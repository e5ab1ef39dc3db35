// Recipes: what a step is, and why a text is turned down (document 01, "Recipe text"). Types alone: `specs/` defines what they mean, `proofs/`
// shows what holds of that, and the functions stand in the crates above.
#![tactic(auto)]

// The most steps that a recipe has.
pub const MOST_STEPS: usize = 128;

// The words that the most steps take: three a step (`specs/Packed.antt`).
pub const MOST_WORDS: usize = 3 * MOST_STEPS;

// The bytes of a line of a recipe's text, and of the longest text.
pub const LINE_LENGTH: usize = 39;

pub const LONGEST_TEXT: usize = MOST_STEPS * LINE_LENGTH;

// A step's place in its recipe, counted from 0.
#[derive(Clone, Copy)]
pub struct StepNumber(pub u16);

// An input's place in a frame, counted from 0 apart from the steps: step 5 may be input 1.
#[derive(Clone, Copy)]
pub struct InputNumber(pub u16);

// What a value is: a double, or a whole number of 64 bits with its sign.
#[derive(Clone, Copy, PartialEq, Eq)]
pub enum Kind {
    Double,
    Whole,
}

// What the step table says of an opcode: where its value comes from, the kinds of its operands, and last the kind of its value.
#[derive(Clone, Copy)]
pub enum Row {
    Unknown,
    Input(Kind),
    Constant(Kind),
    Unary(Kind, Kind),
    Binary(Kind, Kind, Kind),
}

// A line's fields. A step that passed the reader has zeros where its opcode uses nothing, and its operands stand before it.
#[derive(Clone, Copy)]
pub struct Step {
    pub opcode: u8,
    pub a: StepNumber,
    pub b: StepNumber,
    pub p: u64,
    pub q: u64,
}

// Why a text is turned down, by its number in document 01's "Turning text down".
#[derive(Clone, Copy, PartialEq, Eq)]
pub enum Fault {
    Length = 10,
    Malformed = 11,
    UnknownOpcode = 12,
    UnusedField = 13,
    OperandAhead = 14,
    WrongKind = 15,
    BadRange = 16,
    TooManyInputs = 17,
}

// A text's first fault and the step where it is; of a wrong length, step 0.
#[derive(Clone, Copy)]
pub struct Refusal {
    pub fault: Fault,
    pub place: StepNumber,
}

// What the definitions say of a reading (`specs/Answer.antt`); no code makes one. How many steps were read. Or the number of a refusal, 10 to
// 17, and its place, a step or 0 of refusal 10, with `count` 0; `refusal` is 0 where there is none.
#[derive(Drop)]
pub struct Reading {
    pub count: usize,
    pub refusal: u64,
    pub place: StepNumber,
}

--

→ Work request:
Would you please give all of the entries above once more, exactly as they are?

→ Answer space:
repository e5ab1ef39dc3db35
// Recipes: what a step is, and why a text is turned down (document 01, "Recipe text"). Types alone: `specs/` defines what they mean, `proofs/`
// shows what holds of that, and the functions stand in the crates above.
#![tactic(auto)]

// The most steps that a recipe has.
pub const MOST_STEPS: usize = 128;

// The words that the most steps take: three a step (`specs/Packed.antt`).
pub const MOST_WORDS: usize = 3 * MOST_STEPS;

// The bytes of a line of a recipe's text, and of the longest text.
pub const LINE_LENGTH: usize = 39;

pub const LONGEST_TEXT: usize = MOST_STEPS * LINE_LENGTH;

// A step's place in its recipe, counted from 0.
#[derive(Clone, Copy)]
pub struct StepNumber(pub u16);

// An input's place in a frame, counted from 0 apart from the steps: step 5 may be input 1.
#[derive(Clone, Copy)]
pub struct InputNumber(pub u16);

// What a value is: a double, or a whole number of 64 bits with its sign.
#[derive(Clone, Copy, PartialEq, Eq)]
pub enum Kind {
    Double,
    Whole,
}

// What the step table says of an opcode: where its value comes from, the kinds of its operands, and last the kind of its value.
#[derive(Clone, Copy)]
pub enum Row {
    Unknown,
    Input(Kind),
    Constant(Kind),
    Unary(Kind, Kind),
    Binary(Kind, Kind, Kind),
}

// A line's fields. A step that passed the reader has zeros where its opcode uses nothing, and its operands stand before it.
#[derive(Clone, Copy)]
pub struct Step {
    pub opcode: u8,
    pub a: StepNumber,
    pub b: StepNumber,
    pub p: u64,
    pub q: u64,
}

// Why a text is turned down, by its number in document 01's "Turning text down".
#[derive(Clone, Copy, PartialEq, Eq)]
pub enum Fault {
    Length = 10,
    Malformed = 11,
    UnknownOpcode = 12,
    UnusedField = 13,
    OperandAhead = 14,
    WrongKind = 15,
    BadRange = 16,
    TooManyInputs = 17,
}

// A text's first fault and the step where it is; of a wrong length, step 0.
#[derive(Clone, Copy)]
pub struct Refusal {
    pub fault: Fault,
    pub place: StepNumber,
}

// What the definitions say of a reading (`specs/Answer.antt`); no code makes one. How many steps were read. Or the number of a refusal, 10 to
// 17, and its place, a step or 0 of refusal 10, with `count` 0; `refusal` is 0 where there is none.
#[derive(Drop)]
pub struct Reading {
    pub count: usize,
    pub refusal: u64,
    pub place: StepNumber,
}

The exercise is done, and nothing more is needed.